#### [EXERCISE AIM]
Determine how many lines in the listing below contain "HostRow", then give only that number.

#### [EXTRACTED RECORDS]
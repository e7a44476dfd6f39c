//! Rows of a list by their places, which count from 1.

ghost use Rattle.std.specs.Prelude.{◌≡◌, ◌<◌, ◌≤◌, ◌+◌, length, find, position, option_map, option_and_then, slice_get, IfOk, IfSome};
ghost use Rattle.std.specs.Option.{option_copied};
ghost use Rattle.std.specs.Str.{bytes_eq};
ghost use Rattle.sched_book.specs.Places.{nth, place_where, is_host_of};
ghost use Rattle.sched_book.specs.Desk.{placed_at};
ghost use Rattle.sched_book.specs.Imports.{is_version};
ghost use Rattle.sched_book.specs.declared.instance.UnitBook.{UnitBook};
ghost use Rattle.sched_book.specs.declared.rows.Account.{Account};
ghost use Rattle.sched_book.specs.declared.rows.App.{App};

use crate::desk::Placed;
use crate::instance::{Instance, UnitBook};
use crate::limits::MOST_WORKUNITS;
use crate::rows::{Account, App, HostRow, Version};
use texts::{Memory, Same};

/// The most rows that any table may have.
pub(crate) const MOST_ROWS: usize = MOST_WORKUNITS;

/// The row at a place.
pub fn nth<T>(rows: &[T], place: u32) -> Option<&T>
    ensures { option_copied result ≡ nth rows.now place }
{
    if place == 0 {
        None
    } else {
        rows.get(place as usize - 1)
    }
}

/// A copy of a row, which is equal to it.
pub fn copy_of<T: Same>(row: &T) -> Result<T, Memory>
    ensures { IfOk result (λ copy. copy ≡ row.now) }
{
    row.clone()
}

/// A copy of the row at a place.
pub(crate) fn copy_nth<T: Same>(rows: &[T], place: u32) -> Result<Option<T>, Memory>
    ensures { IfOk result (λ row. row ≡ nth rows.now place) }
{
    match nth(rows, place) {
        None => Ok(None),
        Some(row) => Ok(Some(row.clone()?)),
    }
}

/// A copy of the row at a place, with the place.
fn copy_placed<T: Same>(rows: &[T], place: u32) -> Result<Option<Placed<T>>, Memory>
    ensures { IfOk result (λ row. row ≡ placed_at rows.now place) }
{
    match copy_nth(rows, place)? {
        None => Ok(None),
        Some(row) => Ok(Some(Placed { place, row })),
    }
}

/// The same for a place, if there is one.
pub(crate) fn copy_at<T: Same>(rows: &[T], place: Option<u32>) -> Result<Option<Placed<T>>, Memory>
    ensures { IfOk result (λ row. row ≡ option_and_then (placed_at rows.now) place) }
{
    match place {
        None => Ok(None),
        Some(place) => copy_placed(rows, place),
    }
}

/// A copy of the workunit's instance of this number.
pub(crate) fn copy_instance(book: &UnitBook, number: u32) -> Result<Option<Instance>, Memory>
    ensures { IfOk result (λ r. r ≡ slice_get book.now.instances number) }
{
    match book.instances.as_slice().get(number as usize) {
        None => Ok(None),
        Some(instance) => Ok(Some(instance.clone()?)),
    }
}

/// The place of the row at an index.
fn place_of_index(index: Option<usize>) -> Option<u32>
    requires { IfSome index (λ i. i < MOST_ROWS) }
    ensures { result ≡ option_map (λ i. i + 1) index }
{
    match index {
        None => None,
        Some(index) => Some(index as u32 + 1),
    }
}

fn account_index(accounts: &[Account], authenticator: &str) -> Option<usize>
    ensures value { result ≡ position (λ a. bytes_eq a.authenticator authenticator.now) accounts.now }
    ensures within { IfSome result (λ i. i < length accounts.now) }
{
    accounts
        .iter()
        .position(|account| account.authenticator.is(authenticator))
}

/// The place of the account with this authenticator.
pub(crate) fn account_place(accounts: &[Account], authenticator: &str) -> Option<u32>
    requires { length accounts.now ≤ MOST_ROWS }
    ensures { result ≡ place_where (λ (a : Account). bytes_eq a.authenticator authenticator.now) accounts.now }
{
    place_of_index(account_index(accounts, authenticator))
}

/// The index of the application of this name.
pub fn app_index(apps: &[App], name: &str) -> Option<usize>
    ensures value { result ≡ position (λ a. bytes_eq a.name name.now) apps.now }
    ensures within { IfSome result (λ i. i < length apps.now) }
{
    apps.iter().position(|app| app.name.is(name))
}

/// The place of the application of this name.
pub(crate) fn app_place(apps: &[App], name: &str) -> Option<u32>
    requires { length apps.now ≤ MOST_ROWS }
    ensures { result ≡ place_where (λ (a : App). bytes_eq a.name name.now) apps.now }
{
    place_of_index(app_index(apps, name))
}

fn unit_index(books: &[UnitBook], name: &str) -> Option<usize>
    ensures value { result ≡ position (λ b. bytes_eq b.unit.name name.now) books.now }
    ensures within { IfSome result (λ i. i < length books.now) }
{
    books.iter().position(|book| book.unit.name.is(name))
}

/// The place of the workunit of this name.
pub(crate) fn unit_place(books: &[UnitBook], name: &str) -> Option<u32>
    requires { length books.now ≤ MOST_ROWS }
    ensures { result ≡ place_where (λ (b : UnitBook). bytes_eq b.unit.name name.now) books.now }
{
    place_of_index(unit_index(books, name))
}

fn host_index(hosts: &[HostRow], account: u32, cpid: &str) -> Option<usize>
    ensures value { result ≡ position (is_host_of account cpid.now) hosts.now }
    ensures within { IfSome result (λ i. i < length hosts.now) }
{
    hosts
        .iter()
        .position(|host| host.account == account && host.cpid.is(cpid))
}

/// The number of the host that belongs to this account and has this name for itself.
pub(crate) fn host_place(hosts: &[HostRow], account: u32, cpid: &str) -> Option<u32>
    requires { length hosts.now ≤ MOST_ROWS }
    ensures { result ≡ place_where (is_host_of account cpid.now) hosts.now }
{
    place_of_index(host_index(hosts, account, cpid))
}

/// The version of this application, for this platform, with this number.
pub(crate) fn find_version<'a>(
    versions: &'a [Version],
    app: &str,
    platform: &str,
    version_num: u32,
) -> Option<&'a Version>
    ensures { option_copied result ≡ find (is_version app.now platform.now version_num) versions.now }
{
    versions.iter().find(|version| version.app.is(app)
        && version.platform.is(platform)
        && version.version_num == version_num)
}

#### [RESPONSE AREA]
3